[Collected data]

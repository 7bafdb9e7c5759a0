// The boundary for C and Rust. A table is two lists of the host's, whose places `layout` names. Each call answers 0 or document 01's number, and 19 where no
// table stands in the lists; a refusal writes nothing, but where it is said. A set of seats and round data cross alone too, and a hand of the journal as bytes.
// 19 and the like stand in the bodies as numbers where a call answers C: the header names each.
#![tactic(auto)]

pub mod asking;
mod bet;
pub mod building;
mod folding;
mod given_added;
pub mod journal_calls;
pub mod journal_reads;
pub mod journal_replay;
mod journal_words;
mod next_round;
mod outcomes;
pub mod playing;
pub mod round_calls;
pub mod seat_calls;
pub mod settling;

ghost use Rattle.std.specs.Prelude.{◌≡◌, not, eqb, length};
ghost use Rattle.layout.specs.Outcome.{floats_after, numbers_after};
ghost use Rattle.peatcloak.specs.Calls.{version_number, version_told, fold_on, advance_on, complete_on, award_on, bet_on, Stands};
ghost use Rattle.peatcloak.specs.Put.{floats_put, numbers_put};

use layout::{places, standing, words};

// The version of the library and of the layout, and the sizes of the two lists.
#[unsafe(no_mangle)]
pub extern "C" fn peatcloak_version(out: &mut [u32]) -> u32
    ensures value { result ≡ version_number (length out.old) }
    ensures out_after { out.new ≡ version_told out.old }
{
    if 4 <= out.len() {
        let list = [
            places::VERSION,
            places::LAYOUT,
            words::word_of(places::FLOATS),
            words::word_of(places::NUMBERS),
        ];
        commons::copying::copy(out, 0, &list, 0, 4);
        return 0;
    }
    19
}

// In place: only the places that the bet changes are written.
#[unsafe(no_mangle)]
pub extern "C" fn peatcloak_do_bet(
    floats: &mut [f32],
    numbers: &mut [u32],
    amount: f32,
    is_forced: u32,
) -> u32
    ensures value { result ≡ (bet_on floats.old numbers.old amount (not (eqb is_forced 0))).number }
    ensures floats_after { floats.new ≡ floats_put floats.old numbers.old (bet_on floats.old numbers.old amount (not (eqb is_forced 0))) }
    ensures numbers_after { numbers.new ≡ numbers_put numbers.old (bet_on floats.old numbers.old amount (not (eqb is_forced 0))) }
    ensures stands { Stands result floats.new numbers.new (bet_on floats.old numbers.old amount (not (eqb is_forced 0))) }
{
    let forced = !(is_forced == 0);
    if standing::stands(floats.len(), numbers) {
        if standing::is_sound(numbers) {
            return bet::bet_at(floats, numbers, amount, forced);
        }
    }
    19
}

// In place too, as is the next round.
#[unsafe(no_mangle)]
pub extern "C" fn peatcloak_fold(floats: &mut [f32], numbers: &mut [u32]) -> u32
    ensures value { result ≡ (fold_on floats.old numbers.old).number }
    ensures floats_after { floats.new ≡ floats_after (length numbers.old) (fold_on floats.old numbers.old) floats.old }
    ensures numbers_after { numbers.new ≡ numbers_after (length floats.old) (fold_on floats.old numbers.old) numbers.old }
    ensures stands { Stands result floats.new numbers.new (fold_on floats.old numbers.old) }
{
    if standing::stands_sound(floats.len(), numbers) {
        return folding::fold_at(floats, numbers);
    }
    19
}

#[unsafe(no_mangle)]
pub extern "C" fn peatcloak_advance_round(floats: &mut [f32], numbers: &mut [u32]) -> u32
    ensures value { result ≡ (advance_on floats.old numbers.old).number }
    ensures floats_after { floats.new ≡ floats_after (length numbers.old) (advance_on floats.old numbers.old) floats.old }
    ensures numbers_after { numbers.new ≡ numbers_after (length floats.old) (advance_on floats.old numbers.old) numbers.old }
    ensures stands { Stands result floats.new numbers.new (advance_on floats.old numbers.old) }
{
    if standing::stands_sound(floats.len(), numbers) {
        return next_round::advance_at(floats, numbers);
    }
    19
}

#[unsafe(no_mangle)]
pub extern "C" fn peatcloak_complete(floats: &mut [f32], numbers: &mut [u32]) -> u32
    ensures value { result ≡ (complete_on floats.old numbers.old).number }
    ensures floats_after { floats.new ≡ floats_after (length numbers.old) (complete_on floats.old numbers.old) floats.old }
    ensures numbers_after { numbers.new ≡ numbers_after (length floats.old) (complete_on floats.old numbers.old) numbers.old }
    ensures stands { Stands result floats.new numbers.new (complete_on floats.old numbers.old) }
{
    if standing::stands(floats.len(), numbers) {
        let t = standing::table(floats, numbers);
        return outcomes::lay_step(floats, numbers, t.complete());
    }
    19
}

#[unsafe(no_mangle)]
pub extern "C" fn peatcloak_award(
    floats: &mut [f32],
    numbers: &mut [u32],
    player_idx: u32,
    amount: f32,
) -> u32
    ensures value { result ≡ (award_on floats.old numbers.old player_idx amount).number }
    ensures floats_after { floats.new ≡ floats_after (length numbers.old) (award_on floats.old numbers.old player_idx amount) floats.old }
    ensures numbers_after { numbers.new ≡ numbers_after (length floats.old) (award_on floats.old numbers.old player_idx amount) numbers.old }
    ensures stands { Stands result floats.new numbers.new (award_on floats.old numbers.old player_idx amount) }
{
    if standing::stands(floats.len(), numbers) {
        let t = standing::table(floats, numbers);
        return outcomes::lay_step(floats, numbers, t.award(player_idx as usize, amount));
    }
    19
}
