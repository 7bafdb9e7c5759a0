// A hand of the journal played again, and the table that it leads to laid into the host's lists.
ghost use Rattle.std.specs.Prelude.{◌≡◌, length};
ghost use Rattle.layout.specs.Outcome.{floats_after, numbers_after};
ghost use Rattle.peatcloak.specs.Calls.{Stands};
ghost use Rattle.peatcloak.specs.Replaying.{lines_told, replay_hand_on, replay_out};

use crate::journal_words;
use layout::{outcome, places, words};
use recorder::replaying;
use table::GameState;

// How many lines were played, where the bytes are a hand.
fn tell_lines(out: &mut [u32], number: u8, lines: usize)
    ensures { out.new ≡ lines_told number lines out.old }
{
    if number != 27 {
        journal_words::tell(out, words::word_of(lines));
    }
}

// Where a line is refused, the lines before it are told, and no table is laid.
#[unsafe(no_mangle)]
pub extern "C" fn peatcloak_replay_hand(
    floats: &mut [f32],
    numbers: &mut [u32],
    bytes: &[u8],
    out: &mut [u32],
) -> u32
    ensures value { result ≡ (replay_hand_on floats.old numbers.old bytes.now (length out.old)).number }
    ensures floats_after { floats.new ≡ floats_after (length numbers.old) (replay_hand_on floats.old numbers.old bytes.now (length out.old)) floats.old }
    ensures numbers_after { numbers.new ≡ numbers_after (length floats.old) (replay_hand_on floats.old numbers.old bytes.now (length out.old)) numbers.old }
    ensures out_after { out.new ≡ replay_out (length floats.old) (length numbers.old) bytes.now out.old }
    ensures stands { Stands result floats.new numbers.new (replay_hand_on floats.old numbers.old bytes.now (length out.old)) }
{
    let room = (places::FLOATS <= floats.len()) & (places::NUMBERS <= numbers.len());
    if (1 <= out.len()) & room {
        let played = replaying::replay_hand(bytes);
        let number = played.number();
        let table = played.state.table.unwrap_or(GameState::none());
        tell_lines(out, number, played.lines);
        return outcome::lay(floats, numbers, number, table, 0.0, 0);
    }
    19
}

Work to be completed: Search the data above for the word "that", then gather each line in which it appears.

Reply:
// In place: only the places that the bet changes are written.
// A hand of the journal played again, and the table that it leads to laid into the host's lists.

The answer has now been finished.